ASSIGNED TASK: Write each line exactly as it stands, from the line containing "step_seen setting.now.image.now result" through the end of the data.

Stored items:
——

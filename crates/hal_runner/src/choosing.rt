//! Instructions whose operands choose among operations, places and answers to errors.

ghost use Rattle.std.specs.Prelude.{◌≡◌, ◌<◌, ◌-◌, ◌^◌};
ghost use Rattle.hal_code.specs.Computing.{act_one, act_two, act_pick, act_patch};
ghost use Rattle.hal_code.specs.Controlling.{act_on};
ghost use Rattle.hal_right_values.specs.Fitting.{OneFits, TwoFits, PickFits, PatchFits, ChosenFits};
ghost use Rattle.hal_machine.specs.Blocks.{HasEntry};
ghost use Rattle.hal_machine.specs.Seen.{core_seen, stack_seen, setting_seen, step_seen, Does};

use hal_code::{Choice, EventChange, Places, Response};
use hal_machine::{Machine, Setting, Stepped, act_of, selector_of, side_of};
use hal_operations::{Op1, Op2};
use std::alloc::AllocError;

/// OP1.
pub(crate) fn one(
    machine: &mut Machine,
    setting: &Setting<'_>,
    op: Choice<Op1>,
) -> Result<Stepped, AllocError>
    requires at { machine.old.at < 2 ^ 64 - 1 }
    requires fits { OneFits op (stack_seen machine.old.operands) }
    ensures does { Does setting.now.image.now result machine.new (act_one (setting_seen setting.now) op (stack_seen machine.old.operands) (core_seen machine.old)) }
    ensures room { machine.new.blocks.room ≡ machine.old.blocks.room }
{
    match op {
        Choice::Known(op) => machine.one(setting, op),
        Choice::Other(_) => Ok(machine.stuck(setting)),
    }
}

/// OP2.
pub(crate) fn two(
    machine: &mut Machine,
    setting: &Setting<'_>,
    op: Choice<Op2>,
) -> Result<Stepped, AllocError>
    requires at { machine.old.at < 2 ^ 64 - 1 }
    requires fits { TwoFits op (stack_seen machine.old.operands) }
    ensures does { Does setting.now.image.now result machine.new (act_two (setting_seen setting.now) op (stack_seen machine.old.operands) (core_seen machine.old)) }
    ensures room { machine.new.blocks.room ≡ machine.old.blocks.room }
{
    match op {
        Choice::Known(op) => machine.two(setting, op),
        Choice::Other(_) => Ok(machine.stuck(setting)),
    }
}

/// PICK.
pub(crate) fn pick(
    machine: &mut Machine,
    setting: &Setting<'_>,
    places: Choice<Places>,
) -> Result<Stepped, AllocError>
    requires at { machine.old.at < 2 ^ 64 - 1 }
    requires fits { ChosenFits PickFits places (stack_seen machine.old.operands) }
    ensures does { Does setting.now.image.now result machine.new (act_pick (setting_seen setting.now) places (core_seen machine.old)) }
    ensures room { machine.new.blocks.room ≡ machine.old.blocks.room }
{
    match places {
        Choice::Known(places) => machine.pick(setting, places),
        Choice::Other(_) => Ok(machine.stuck(setting)),
    }
}

/// PATCH.
pub(crate) fn patch(
    machine: &mut Machine,
    setting: &Setting<'_>,
    places: Choice<Places>,
) -> Result<Stepped, AllocError>
    requires at { machine.old.at < 2 ^ 64 - 1 }
    requires fits { ChosenFits PatchFits places (stack_seen machine.old.operands) }
    ensures does { Does setting.now.image.now result machine.new (act_patch (setting_seen setting.now) places (core_seen machine.old)) }
    ensures room { machine.new.blocks.room ≡ machine.old.blocks.room }
{
    match places {
        Choice::Known(places) => machine.patch(setting, places),
        Choice::Other(_) => Ok(machine.stuck(setting)),
    }
}

/// What ON says of an entry for errors.
#[derive(Clone, Copy)]
pub(crate) struct Handler {
    pub(crate) group: u8,
    pub(crate) number: u8,
    pub(crate) response: Choice<Response>,
    pub(crate) change: Choice<EventChange>,
    pub(crate) event: u16,
    pub(crate) target: u64,
}

/// ON.
pub(crate) fn on(machine: &mut Machine, setting: &Setting<'_>, entry: Handler) -> Stepped
    requires at { machine.old.at < 2 ^ 64 - 1 }
    requires room { HasEntry machine.old.blocks }
    ensures does { step_seen setting.now.image.now result machine.new ≡ act_on entry.group entry.number entry.response entry.change entry.event entry.target (core_seen machine.old) }
    ensures room { machine.new.blocks.room ≡ machine.old.blocks.room }
{
    match (entry.response, entry.change) {
        (Choice::Known(response), Choice::Known(change)) => {
            let selector = selector_of(entry.group, entry.number);
            let side = side_of(change, entry.event);
            machine.on(setting, selector, act_of(response, side, entry.target))
        }
        (Choice::Known(_), Choice::Other(_)) => machine.stuck(setting),
        (Choice::Other(_), Choice::Known(_)) => machine.stuck(setting),
        (Choice::Other(_), Choice::Other(_)) => machine.stuck(setting),
    }
}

——

SOLUTION FOR THIS EXERCISE:
    ensures does { step_seen setting.now.image.now result machine.new ≡ act_on entry.group entry.number entry.response entry.change entry.event entry.target (core_seen machine.old) }
    ensures room { machine.new.blocks.room ≡ machine.old.blocks.room }
{
    match (entry.response, entry.change) {
        (Choice::Known(response), Choice::Known(change)) => {
            let selector = selector_of(entry.group, entry.number);
            let side = side_of(change, entry.event);
            machine.on(setting, selector, act_of(response, side, entry.target))
        }
        (Choice::Known(_), Choice::Other(_)) => machine.stuck(setting),
        (Choice::Other(_), Choice::Known(_)) => machine.stuck(setting),
        (Choice::Other(_), Choice::Other(_)) => machine.stuck(setting),
    }
}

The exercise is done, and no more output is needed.